Biomechanics and Modeling in Mechanobiology volume 20pages 1645–1657 (2021)Cite this article

Abstract

Blood clots play a diametric role in our bodies as they are both vital as a wound sealant, as well as the source for many devastating diseases. In blood clots’ physiological and pathological roles, their mechanics play a critical part. These mechanics are non-trivial owing to blood clots’ complex nonlinear, viscoelastic behavior. Casting this behavior into mathematical form is a fundamental step toward a better basic scientific understanding of blood clots, as well as toward diagnostic and prognostic computational models. Here, we identify a hyper-viscoelastic damage model that we fit to original data on the nonlinear, viscoelastic behavior of blood clots. Our model combines the classic Ogden hyperelastic constitutive law, a finite viscoelastic model for large deformations, and a non-local, gradient-enhanced damage formulation.
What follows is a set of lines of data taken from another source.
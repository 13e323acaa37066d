//! Writing requests.
ghost use Rattle.std.specs.Prelude.{OnOk};
ghost use Rattle.std.specs.Io.KnownBytes.{Appends};
ghost use Rattle.client_link.specs.Sent.{request_bytes};

use client_core::{Ask, LinkFault, WireFault, request_head};
use octets::write_whole;
use std::alloc::Global;
use std::io::Write;

/// Writes a request to a host, with its body, and nothing else. `NoConnection` where no gateway would take its head, before
/// a byte is written; `Broken` where the stream takes no more.
pub fn send_request<W: Write>(
    alloc: Global,
    stream: &mut W,
    host: &str,
    ask: &Ask,
    body: &[u8],
) -> Result<(), LinkFault>
    ensures { OnOk result (Appends (W.contents stream.old) (W.contents stream.new)
        (request_bytes host.now ask.now body.now)) }
{
    let head = match request_head(alloc, host, ask, body.len()) {
        Ok(head) => head,
        Err(WireFault::TooLong) => return Err(LinkFault::NoConnection),
        Err(WireFault::NoMemory) => return Err(LinkFault::NoMemory),
    };
    write_bytes(stream, &head)?;
    write_bytes(stream, body)
}

/// Writes these bytes.
fn write_bytes<W: Write>(stream: &mut W, bytes: &[u8]) -> Result<(), LinkFault>
    ensures { OnOk result (Appends (W.contents stream.old) (W.contents stream.new) bytes.now) }
{
    let mut calls = u64::MAX;
    match write_whole(stream, bytes, &mut calls) {
        Ok(()) => Ok(()),
        Err(_) => Err(LinkFault::Broken),
    }
}
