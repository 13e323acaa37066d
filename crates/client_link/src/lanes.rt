//! Several connections at once.
ghost use Rattle.std.specs.Prelude.{◌≡◌, ◌≢◌, ◌≤◌, ℕ, length, slice_get, vec_len, IfOk};

use crate::redial::{Dial, Redialing};
use client_core::{Answer, Ask, Exchange, LinkFault};
use std::alloc::{AllocError, Global};

/// A gateway that is asked over several connections at once, each of which is opened when it is needed. A request that is sent
/// ahead on a lane goes over the lane's own connection, and what comes over that is its answer and no other one's. All else
/// goes over the first.
#[derive(Drop)]
pub struct Lanes<'a, D: Dial + Drop> {
    /// The connection of each lane.
    pub links: Vec<Redialing<'a, D>>,
}

impl<'a, D: Dial + Drop> Lanes<'a, D> {
    /// A gateway to which no connection is open, at a host as it stands in its URL. There is a lane for each dialer.
    pub fn new(alloc: Global, host: &'a str, dialers: Vec<D>) -> Result<Self, AllocError>
        ensures { IfOk result (λ gateway. length gateway.links.items ≡ length dialers.items) }
    {
        let mut links = Vec::new(alloc);
        for dial in dialers {
            links.push(Redialing::new(alloc, host, dial))?;
        }
        Ok(Lanes { links })
    }
}

impl<D: Dial + Drop> Exchange for Lanes<'_, D> {
    fn ask(&mut self, ask: &Ask, body: &[u8], most: u64) -> Result<Answer, LinkFault>
        ensures most { IfOk result (λ answer. length answer.body ≤ most) }
        ensures own { (i : ℕ) → i ≢ 0 →
            slice_get self.new.links.items i ≡ slice_get self.old.links.items i }
    {
        match self.links.get_mut(0) {
            Some(link) => link.ask(ask, body, most),
            None => Err(LinkFault::NoConnection),
        }
    }

    fn lanes(&self) -> usize
        ensures { result ≡ vec_len self.now.links }
    {
        self.links.len()
    }

    fn begin(&mut self, lane: usize, ask: &Ask, body: &[u8])
        ensures own { (i : ℕ) → i ≢ lane →
            slice_get self.new.links.items i ≡ slice_get self.old.links.items i }
    {
        if let Some(link) = self.links.get_mut(lane) {
            link.begin(0, ask, body);
        }
    }

    fn finish(
        &mut self,
        lane: usize,
        ask: &Ask,
        body: &[u8],
        most: u64,
    ) -> Result<Answer, LinkFault>
        ensures most { IfOk result (λ answer. length answer.body ≤ most) }
        ensures own { (i : ℕ) → i ≢ lane →
            slice_get self.new.links.items i ≡ slice_get self.old.links.items i }
    {
        match self.links.get_mut(lane) {
            Some(link) => link.finish(0, ask, body, most),
            None => Err(LinkFault::NoConnection),
        }
    }
}
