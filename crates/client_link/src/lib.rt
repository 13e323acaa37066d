//! A connection to a gateway, over any stream: requests written, replies read (RFC 9112).
//!
//! Nothing of what comes is taken on trust: a reply is a head of `httparse`'s grammar with one framing by `http1`'s rules, a
//! body of no more bytes than were asked for, or it is refused, and the connection with it.
#![tactic(auto)]

/// Streams that are cut where they are too slow.
mod pace;
/// Writing requests.
mod sending;
/// Connections.
mod link;
/// Reading replies.
mod reply;
/// Connections that are opened again.
mod redial;
/// Several connections at once.
mod lanes;

pub use lanes::Lanes;
pub use link::Link;
pub use pace::{Paced, Timer, are_too_few};
pub use redial::{Dial, Redialing};
pub use sending::send_request;
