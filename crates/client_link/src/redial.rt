//! Connections that are opened again.
ghost use Rattle.std.specs.Prelude.{◌≤◌, length, IfOk};

use crate::link::Link;
use client_core::{Answer, Ask, Exchange, LinkFault};
use std::alloc::Global;
use std::io::{Read, Write};

/// What opens connections.
pub trait Dial {
    /// A connection.
    type Stream: Read + Write + Drop;

    /// Opens one.
    fn dial(&mut self) -> Result<Self::Stream, LinkFault>;
}

/// A gateway that is asked over one connection, which is opened when it is needed. A gateway closes a connection that was
/// idle for long: one over which a reply was read before, and which breaks before a byte of the next one comes, is opened
/// again, once. Each request can be repeated without harm.
#[derive(Drop)]
pub struct Redialing<'a, D: Dial + Drop> {
    alloc: Global,
    host: &'a str,
    dial: D,
    link: Option<Link<'a, D::Stream>>,
}

impl<'a, D: Dial + Drop> Redialing<'a, D> {
    /// A gateway to which no connection is open, at a host as it stands in its URL.
    pub fn new(alloc: Global, host: &'a str, dial: D) -> Self {
        Redialing {
            alloc,
            host,
            dial,
            link: None,
        }
    }

    /// What opens its connections.
    pub fn dialer(&self) -> &D {
        &self.dial
    }

    /// The connection, where no request is under way on it, or else a new one.
    fn idle_link(&mut self) -> Result<Link<'a, D::Stream>, LinkFault> {
        if let Some(link) = self.link.take() {
            if !link.is_under_way() {
                return Ok(link);
            }
        }
        Ok(Link::new(self.alloc, self.host, self.dial.dial()?))
    }

    /// The answer to a request that is under way on a connection, which is kept then; or to the same on a new one.
    fn wait(
        &mut self,
        link: Link<'a, D::Stream>,
        ask: &Ask,
        body: &[u8],
        most: u64,
    ) -> Result<Answer, LinkFault>
        ensures { IfOk result (λ answer. length answer.body ≤ most) }
    {
        let mut link = link;
        match link.finish(0, ask, body, most) {
            Ok(answer) => {
                self.link = Some(link);
                Ok(answer)
            }
            Err(fault) => {
                if fault == LinkFault::Broken && (link.is_kept() && link.is_silent()) {
                    self.ask_anew(ask, body, most)
                } else {
                    Err(fault)
                }
            }
        }
    }

    /// The answer to a request on a new connection.
    fn ask_anew(&mut self, ask: &Ask, body: &[u8], most: u64) -> Result<Answer, LinkFault>
        ensures { IfOk result (λ answer. length answer.body ≤ most) }
    {
        let mut link = Link::new(self.alloc, self.host, self.dial.dial()?);
        let answer = link.ask(ask, body, most)?;
        self.link = Some(link);
        Ok(answer)
    }
}

impl<D: Dial + Drop> Exchange for Redialing<'_, D> {
    fn ask(&mut self, ask: &Ask, body: &[u8], most: u64) -> Result<Answer, LinkFault>
        ensures { IfOk result (λ answer. length answer.body ≤ most) }
    {
        let mut link = self.idle_link()?;
        link.begin(0, ask, body);
        self.wait(link, ask, body, most)
    }

    fn lanes(&self) -> usize {
        1
    }

    fn begin(&mut self, _lane: usize, ask: &Ask, body: &[u8]) {
        if let Ok(link) = self.idle_link() {
            let mut link = link;
            link.begin(0, ask, body);
            self.link = Some(link);
        }
    }

    fn finish(
        &mut self,
        _lane: usize,
        ask: &Ask,
        body: &[u8],
        most: u64,
    ) -> Result<Answer, LinkFault>
        ensures { IfOk result (λ answer. length answer.body ≤ most) }
    {
        match self.link.take() {
            Some(link) if link.has_begun(ask, body) => self.wait(link, ask, body, most),
            Some(link) => {
                self.link = Some(link);
                self.ask(ask, body, most)
            }
            None => self.ask(ask, body, most),
        }
    }
}
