//! Reading replies.
ghost use Rattle.std.specs.Prelude.{◌≡◌, ◌≤◌, length, vec_len, IfOk};
ghost use Rattle.client_link.specs.Faults.{fault_of_kind};

use client_core::{Answer, LinkFault};
use http1::Limits;
use http1::decode::{Decoded, Decoder};
use http1::fields::KnownFields;
use http1::framing::{MethodKind, response_framing};
use httparse::Status;
use httparse::spans::{EMPTY_HEADER_SPAN, HeaderSpan, parse_response};
use octets::Bytes;
use std::alloc::Global;
use std::io::{ErrorKind, Read};

/// The most bytes of a reply's head.
const MOST_OF_A_HEAD: usize = 16_384;

/// The most interim replies before a final one.
const MOST_INTERIM: u32 = 16;

/// How many bytes are read at a time.
const PORTION: usize = 65_536;

/// The replies of a connection: the bytes that came and weren't read as part of one.
#[derive(Drop)]
pub struct Replies {
    alloc: Global,
    input: Vec<u8>,
    /// Whether no byte came since the last request.
    silent: bool,
}

/// A reply whose head stands.
#[derive(Clone, Copy)]
struct Begun {
    status: u16,
    decoder: Decoder,
}

/// What became of the next piece of a body.
#[derive(Clone, Copy)]
enum Step {
    /// The body has ended.
    Ended,
    /// A piece was taken.
    Took,
    /// More has to be read.
    Wants,
}

impl Replies {
    /// Of a connection on which nothing came.
    pub fn new(alloc: Global) -> Self {
        Replies {
            alloc,
            input: Vec::new(alloc),
            silent: true,
        }
    }

    /// Whether no byte of the next reply came.
    pub fn is_silent(&self) -> bool {
        self.silent
    }

    /// A request is sent: what comes from now on is its reply.
    pub fn begin_next(&mut self) {
        self.silent = self.input.is_empty();
    }

    /// The next reply to a request other than HEAD, with a body of at most so many bytes. Interim replies are passed over.
    pub fn next<R: Read>(&mut self, reader: &mut R, most: u64) -> Result<Answer, LinkFault>
        ensures { IfOk result (λ answer. length answer.body ≤ most) }
    {
        let begun = self.begin(reader)?;
        let body = self.read_body(reader, begun.decoder, most)?;
        Ok(Answer {
            status: begun.status,
            body: Bytes::from_vec(body),
        })
    }

    /// Reads up to the end of a head.
    fn begin<R: Read>(&mut self, reader: &mut R) -> Result<Begun, LinkFault> {
        for _ in 0..MOST_INTERIM {
            let begun = self.read_head(reader)?;
            if begun.status >= 200 {
                return Ok(begun);
            }
        }
        Err(LinkFault::NotHttp)
    }

    /// Reads up to the end of a head, of an interim reply too.
    fn read_head<R: Read>(&mut self, reader: &mut R) -> Result<Begun, LinkFault> {
        for _ in 0..u64::MAX {
            if let Some(begun) = self.take_head()? {
                return Ok(begun);
            }
            self.read_more(reader)?;
        }
        Err(LinkFault::NotHttp)
    }

    /// The head that stands at the front, which is dropped.
    fn take_head(&mut self) -> Result<Option<Begun>, LinkFault> {
        let mut fields = [EMPTY_HEADER_SPAN; 64];
        match parse_response(&self.input, &mut fields) {
            Ok(Status::Complete(head)) => {
                let known = KnownFields::from_spans(&self.input, &fields[..head.headers]);
                let framing = response_framing(MethodKind::Other, head.code, head.version, &known);
                let Ok(framing) = framing else {
                    return Err(LinkFault::NotHttp);
                };
                let decoder = Decoder::new(framing, &Limits::default());
                self.drop_front(head.len);
                Ok(Some(Begun {
                    status: head.code,
                    decoder,
                }))
            }
            Ok(Status::Partial) if self.input.len() < MOST_OF_A_HEAD => Ok(None),
            _ => Err(LinkFault::NotHttp),
        }
    }

    /// Reads a body.
    fn read_body<R: Read>(
        &mut self,
        reader: &mut R,
        mut decoder: Decoder,
        most: u64,
    ) -> Result<Vec<u8>, LinkFault>
        ensures { IfOk result (λ body. vec_len body ≤ most) }
    {
        let mut body = Vec::new(self.alloc);
        for _ in 0..u64::MAX {
            let step = self.take_piece(&mut decoder, &mut body)?;
            if body.len() as u64 > most {
                return Err(LinkFault::TooLong);
            }
            match step {
                Step::Ended => return Ok(body),
                Step::Took => {}
                Step::Wants => {
                    if !self.read_some(reader)? {
                        // a body that goes on until the connection ends is whole now
                        return match decoder {
                            Decoder::UntilClose => Ok(body),
                            _ => Err(LinkFault::Broken),
                        };
                    }
                }
            }
        }
        Err(LinkFault::NotHttp)
    }

    /// Takes the next piece of a body.
    fn take_piece(&mut self, decoder: &mut Decoder, body: &mut Vec<u8>) -> Result<Step, LinkFault> {
        let mut trailers = [EMPTY_HEADER_SPAN; 16];
        match decoder.decode(&self.input, &mut trailers) {
            Ok(Decoded::NeedMore(used)) => {
                self.drop_front(used);
                Ok(Step::Wants)
            }
            Ok(Decoded::Data(piece)) => {
                if body.extend_from_slice(piece.of(&self.input)).is_err() {
                    return Err(LinkFault::NoMemory);
                }
                self.drop_front(piece.end);
                Ok(Step::Took)
            }
            Ok(Decoded::End { len, .. }) => {
                self.drop_front(len);
                Ok(Step::Ended)
            }
            Err(_) => Err(LinkFault::NotHttp),
        }
    }

    /// Drops the first bytes, which were read.
    fn drop_front(&mut self, count: usize) {
        let left = self.input.len().saturating_sub(count);
        self.input.copy_within(count.min(self.input.len()).., 0);
        self.input.truncate(left);
    }

    /// Reads more; an end is a fault.
    fn read_more<R: Read>(&mut self, reader: &mut R) -> Result<(), LinkFault> {
        if self.read_some(reader)? {
            Ok(())
        } else {
            Err(LinkFault::Broken)
        }
    }

    /// Reads more, and says whether something came.
    fn read_some<R: Read>(&mut self, reader: &mut R) -> Result<bool, LinkFault> {
        let before = self.input.len();
        if self.input.resize(before + PORTION, 0).is_err() {
            return Err(LinkFault::NoMemory);
        }
        let mut fault = LinkFault::Broken;
        for _ in 0..u64::MAX {
            match reader.read(&mut self.input[before..]) {
                Ok(count) => {
                    self.input.truncate(before + count);
                    self.silent = self.silent && count == 0;
                    return Ok(count > 0);
                }
                Err(error) => {
                    if error.kind() != ErrorKind::Interrupted {
                        fault = fault_of(error.kind());
                        break;
                    }
                }
            }
        }
        self.input.truncate(before);
        Err(fault)
    }
}

/// The fault where a read fails: `TooSlow` where its time is over, as a socket tells it by either kind, and else `Broken`.
fn fault_of(kind: ErrorKind) -> LinkFault
    ensures { result ≡ fault_of_kind kind }
{
    match kind {
        ErrorKind::TimedOut => LinkFault::TooSlow,
        ErrorKind::WouldBlock => LinkFault::TooSlow,
        _ => LinkFault::Broken,
    }
}
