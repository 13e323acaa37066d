//! Streams over which bytes pass too slowly.
ghost use Rattle.std.specs.Prelude.{◌↔◌, ◌-◌, IsSome, IsTrue};
ghost use Rattle.client_link.specs.Paces.{AreTooFew};

use std::io;
use std::io::{ErrorKind, Read, Write};

/// How many bytes a second are to pass.
const LEAST_RATE: u128 = 1_024;

/// A clock.
pub trait Timer {
    /// The time since some start, in milliseconds.
    fn milliseconds(&self) -> u64;
}

/// Whether so many bytes in so many milliseconds are too few, where somebody has patience for so many seconds: those have
/// passed, and fewer than 1,024 bytes came in each second of the whole time.
pub fn are_too_few(bytes: u64, milliseconds: u64, patience: u64) -> bool
    ensures { IsTrue result ↔ AreTooFew bytes milliseconds patience }
{
    let bytes = u128::from(bytes) * 1_000;
    let time = u128::from(milliseconds);
    u128::from(patience) * 1_000 <= time && bytes < LEAST_RATE * time
}

/// The bytes that passed, in one direction, since a time.
#[derive(Clone, Copy)]
struct Passed {
    /// In milliseconds.
    since: u64,
    bytes: u64,
}

/// A stream that is cut where bytes pass too slowly, for somebody who has patience for so many seconds. From the first byte on
/// that passes in a direction, the time is looked at before each call; where as many seconds have passed, there were to be at
/// least 1,024 bytes for each, and the count begins anew. Else the call is refused with `TimedOut`, and nothing is read or
/// written by it. A count ends where bytes go in the other direction. How long one call waits is the stream's own matter.
#[derive(Drop)]
pub struct Paced<S, T> {
    stream: S,
    timer: T,
    /// In seconds.
    patience: u64,
    read: Option<Passed>,
    written: Option<Passed>,
}

impl<S, T: Timer> Paced<S, T> {
    /// Of a stream over which nothing passed.
    pub fn new(stream: S, timer: T, patience: u64) -> Self {
        Paced {
            stream,
            timer,
            patience,
            read: None,
            written: None,
        }
    }
}

/// What passed, where it wasn't too slow, up to now; `None` where it was.
fn kept_up(passed: Passed, now: u64, patience: u64) -> Option<Passed>
    ensures { IsSome result ↔ ¬ (AreTooFew passed.bytes (now - passed.since) patience) }
{
    let time = now.saturating_sub(passed.since);
    if are_too_few(passed.bytes, time, patience) {
        return None;
    }
    if time < patience.saturating_mul(1_000) {
        return Some(passed);
    }
    Some(Passed {
        since: now,
        bytes: 0,
    })
}

/// The same with so many bytes more.
fn with_more(passed: Option<Passed>, now: u64, count: usize) -> Passed {
    let Passed { since, bytes } = passed.unwrap_or(Passed {
        since: now,
        bytes: 0,
    });
    Passed {
        since,
        bytes: bytes.saturating_add(count as u64),
    }
}

/// The count of a direction, before a call at a time in milliseconds. `TimedOut` where bytes passed too slowly.
fn checked(passed: Option<Passed>, now: u64, patience: u64) -> io::Result<Option<Passed>> {
    let Some(passed) = passed else {
        return Ok(None);
    };
    match kept_up(passed, now, patience) {
        Some(passed) => Ok(Some(passed)),
        None => Err(io::Error::from(ErrorKind::TimedOut)),
    }
}

impl<S: Read, T: Timer> Read for Paced<S, T> {
    ghost remaining = { λ paced. S.remaining paced.stream };

    fn read(&mut self, buf: &mut [u8]) -> io::Result<usize> {
        self.written = None;
        self.read = checked(self.read, self.timer.milliseconds(), self.patience)?;
        let count = self.stream.read(buf)?;
        self.read = Some(with_more(self.read, self.timer.milliseconds(), count));
        Ok(count)
    }
}

impl<S: Write, T: Timer> Write for Paced<S, T> {
    ghost contents = { λ paced. S.contents paced.stream };

    fn write(&mut self, buf: &[u8]) -> io::Result<usize> {
        self.read = None;
        self.written = checked(self.written, self.timer.milliseconds(), self.patience)?;
        let count = self.stream.write(buf)?;
        self.written = Some(with_more(self.written, self.timer.milliseconds(), count));
        Ok(count)
    }

    fn flush(&mut self) -> io::Result<()> {
        self.stream.flush()
    }
}
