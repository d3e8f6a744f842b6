//! Searches in a tree of rules, each a descent by a loop.
#![tactic(auto)]

mod cover;
mod ends;
mod ranges;

pub use cover::first_covering;
pub use ends::{finish_before, finish_from};
pub use ranges::{find, hop_in};
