//! The node of a range.

ghost use Rattle.std.specs.Prelude.{◌≡◌, ◌<◌, Some, None, MatchOption};
ghost use Rattle.rules.specs.Rules.{Canonical, hop_of};
ghost use Rattle.tree.specs.Tree.{RuleTree, rules_in, before, look};
ghost use Rattle.tree.specs.Nodes.{Held};
ghost use Rattle.tree_search.specs.Searches.{root_hop};

use address::AddressKind;
use rules::Rule;
use std::cmp::Ordering;
use tree::Subtree;

/// The link to the node of the rule with the range of `sought`, and its hop, or none if it is not held.
pub fn find<A: AddressKind>(tree: Subtree<A>, sought: Rule<A>) -> Option<(u16, u16)>
    ensures place { (t : RuleTree A) → Held A.AddressKind.num tree.entry.nodes.now tree.entry.link t → MatchOption result (look (before A.AddressKind.num) sought t ≡ 0) (λ f. (0 < f.0) × (f.0 ≡ look (before A.AddressKind.num) sought t)) }
    ensures held { (t : RuleTree A) → Held A.AddressKind.num tree.entry.nodes.now tree.entry.link t → Canonical (rules_in A.AddressKind.num t) → MatchOption result (hop_of (rules_in A.AddressKind.num t) (A.AddressKind.num sought.start) (A.AddressKind.num sought.finish) ≡ None) (λ f. (hop_of (rules_in A.AddressKind.num t) (A.AddressKind.num sought.start) (A.AddressKind.num sought.finish) ≡ Some f.1) × ((s : RuleTree A) × Held A.AddressKind.num tree.entry.nodes.now f.0 s × (root_hop s ≡ Some f.1))) }
{
    let mut tree = tree;
    while let Some((n, left, right)) = tree.split() {
        match sought.order(&n.rule) {
            Ordering::Less => tree = left,
            Ordering::Greater => tree = right,
            Ordering::Equal => return Some((tree.link, n.rule.hop)),
        }
    }
    None
}

/// The hop of the range of `sought`, or none if it is not held.
pub fn hop_in<A: AddressKind>(tree: Subtree<A>, sought: Rule<A>) -> Option<u16>
    ensures { (t : RuleTree A) → Held A.AddressKind.num tree.entry.nodes.now tree.entry.link t → Canonical (rules_in A.AddressKind.num t) → result ≡ hop_of (rules_in A.AddressKind.num t) (A.AddressKind.num sought.start) (A.AddressKind.num sought.finish) }
{
    let (_, hop) = find(tree, sought)?;
    Some(hop)
}
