//! The finishes next to an address.

ghost use Rattle.std.specs.Prelude.{◌≡◌};
ghost use Rattle.std.specs.Option.{option_map};
ghost use Rattle.rules.specs.Rules.{Canonical};
ghost use Rattle.mirror.specs.Mirrored.{finish_from, finish_before};
ghost use Rattle.tree.specs.Tree.{RuleTree, rules_in};
ghost use Rattle.tree.specs.Nodes.{Held};

use address::AddressKind;
use tree::Subtree;

/// The least finish from d on, or none.
pub fn finish_from<A: AddressKind>(tree: Subtree<A>, d: A) -> Option<A>
    ensures { (t : RuleTree A) → Held A.AddressKind.num tree.entry.nodes.now tree.entry.link t → Canonical (rules_in A.AddressKind.num t) → option_map A.AddressKind.num result ≡ finish_from (rules_in A.AddressKind.num t) (A.AddressKind.num d) }
{
    let mut tree = tree;
    let mut found = None;
    while let Some((n, left, right)) = tree.split() {
        if n.rule.finish < d {
            tree = right;
        } else {
            found = Some(n.rule.finish);
            tree = left;
        }
    }
    found
}

/// The greatest finish before d, or none.
// The other way round than the search above: one function for both would choose by a flag at each node.
pub fn finish_before<A: AddressKind>(tree: Subtree<A>, d: A) -> Option<A>
    ensures { (t : RuleTree A) → Held A.AddressKind.num tree.entry.nodes.now tree.entry.link t → Canonical (rules_in A.AddressKind.num t) → option_map A.AddressKind.num result ≡ finish_before (rules_in A.AddressKind.num t) (A.AddressKind.num d) }
{
    let mut tree = tree;
    let mut latest = None;
    while let Some((n, left, right)) = tree.split() {
        if n.rule.finish < d {
            latest = Some(n.rule.finish);
            tree = right;
        } else {
            tree = left;
        }
    }
    latest
}
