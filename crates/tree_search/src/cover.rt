//! The first rule in order that covers an address.
//!
//! In canonical order finishes ascend, so left of a node that finishes before the address nothing covers it, and right of one
//! that does not, a rule covers it if it starts by it. The least starts tell whether a tree has a rule that starts by the
//! address, but not whether one of those also reaches it. So the descent goes left on trust and marks the last node from which
//! the search could go on to the right: if nothing on the way covers, the answer is that node or in its right tree, to which
//! the least starts lead straight. That is at most one descent down and one from the marked node.

ghost use Rattle.std.specs.Prelude.{◌≡◌};
ghost use Rattle.rules.specs.Rules.{Canonical};
ghost use Rattle.rules.specs.Search.{least_finish};
ghost use Rattle.rules.specs.Answers.{told};
ghost use Rattle.tree.specs.Tree.{RuleTree, rules_in};
ghost use Rattle.tree.specs.Nodes.{Held};
ghost use Rattle.tree_search.specs.Searches.{starts_by, any, first_with};

use address::AddressKind;
use tree::Subtree;

/// Whether the tree has a rule that starts by d.
fn reaches<A: AddressKind>(tree: &Subtree<A>, d: A) -> bool
    ensures { (t : RuleTree A) → Held A.AddressKind.num tree.now.nodes.now tree.now.link t → result ≡ any (starts_by (A.AddressKind.num d)) (rules_in A.AddressKind.num t) }
{
    let Some(n) = tree.node() else {
        return false;
    };
    n.low <= d
}

/// The first rule of the tree that starts by d.
fn first_started<A: AddressKind>(tree: Subtree<A>, d: A) -> Option<(A, A, u16)>
    ensures { (t : RuleTree A) → Held A.AddressKind.num tree.entry.nodes.now tree.entry.link t → told A.AddressKind.num result ≡ first_with (starts_by (A.AddressKind.num d)) (rules_in A.AddressKind.num t) }
{
    let mut tree = tree;
    while let Some((n, left, right)) = tree.split() {
        if reaches(&left, d) {
            tree = left;
        } else if n.rule.start <= d {
            return Some((n.rule.start, n.rule.finish, n.rule.hop));
        } else {
            tree = right;
        }
    }
    None
}

/// Of the rules that cover d, the one of least finish, among equals of greatest start; or none.
pub fn first_covering<A: AddressKind>(tree: Subtree<A>, d: A) -> Option<(A, A, u16)>
    ensures { (t : RuleTree A) → Held A.AddressKind.num tree.entry.nodes.now tree.entry.link t → Canonical (rules_in A.AddressKind.num t) → told A.AddressKind.num result ≡ least_finish (rules_in A.AddressKind.num t) (A.AddressKind.num d) }
{
    let mut tree = tree;
    let mut mark = None;
    while let Some((n, left, right)) = tree.split() {
        if n.rule.finish < d {
            tree = right;
        } else {
            if n.rule.start <= d || reaches(&right, d) {
                mark = Some((n.rule, right));
            }
            tree = left;
        }
    }
    let (rule, right) = mark?;
    if rule.start <= d {
        Some((rule.start, rule.finish, rule.hop))
    } else {
        first_started(right, d)
    }
}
By fitting our model to cyclic tensile test data and extension-to-failure data, we inform the model’s nine unknown material parameters. We demonstrate the predictability of our model by validating it against unseen cyclic tensile test and stress-relaxation data. Our original data, model formulation, and the identified constitutive parameters of this model are openly available for others to use, which will aid in developing accurate, quantitative simulations of blood clot mechanics.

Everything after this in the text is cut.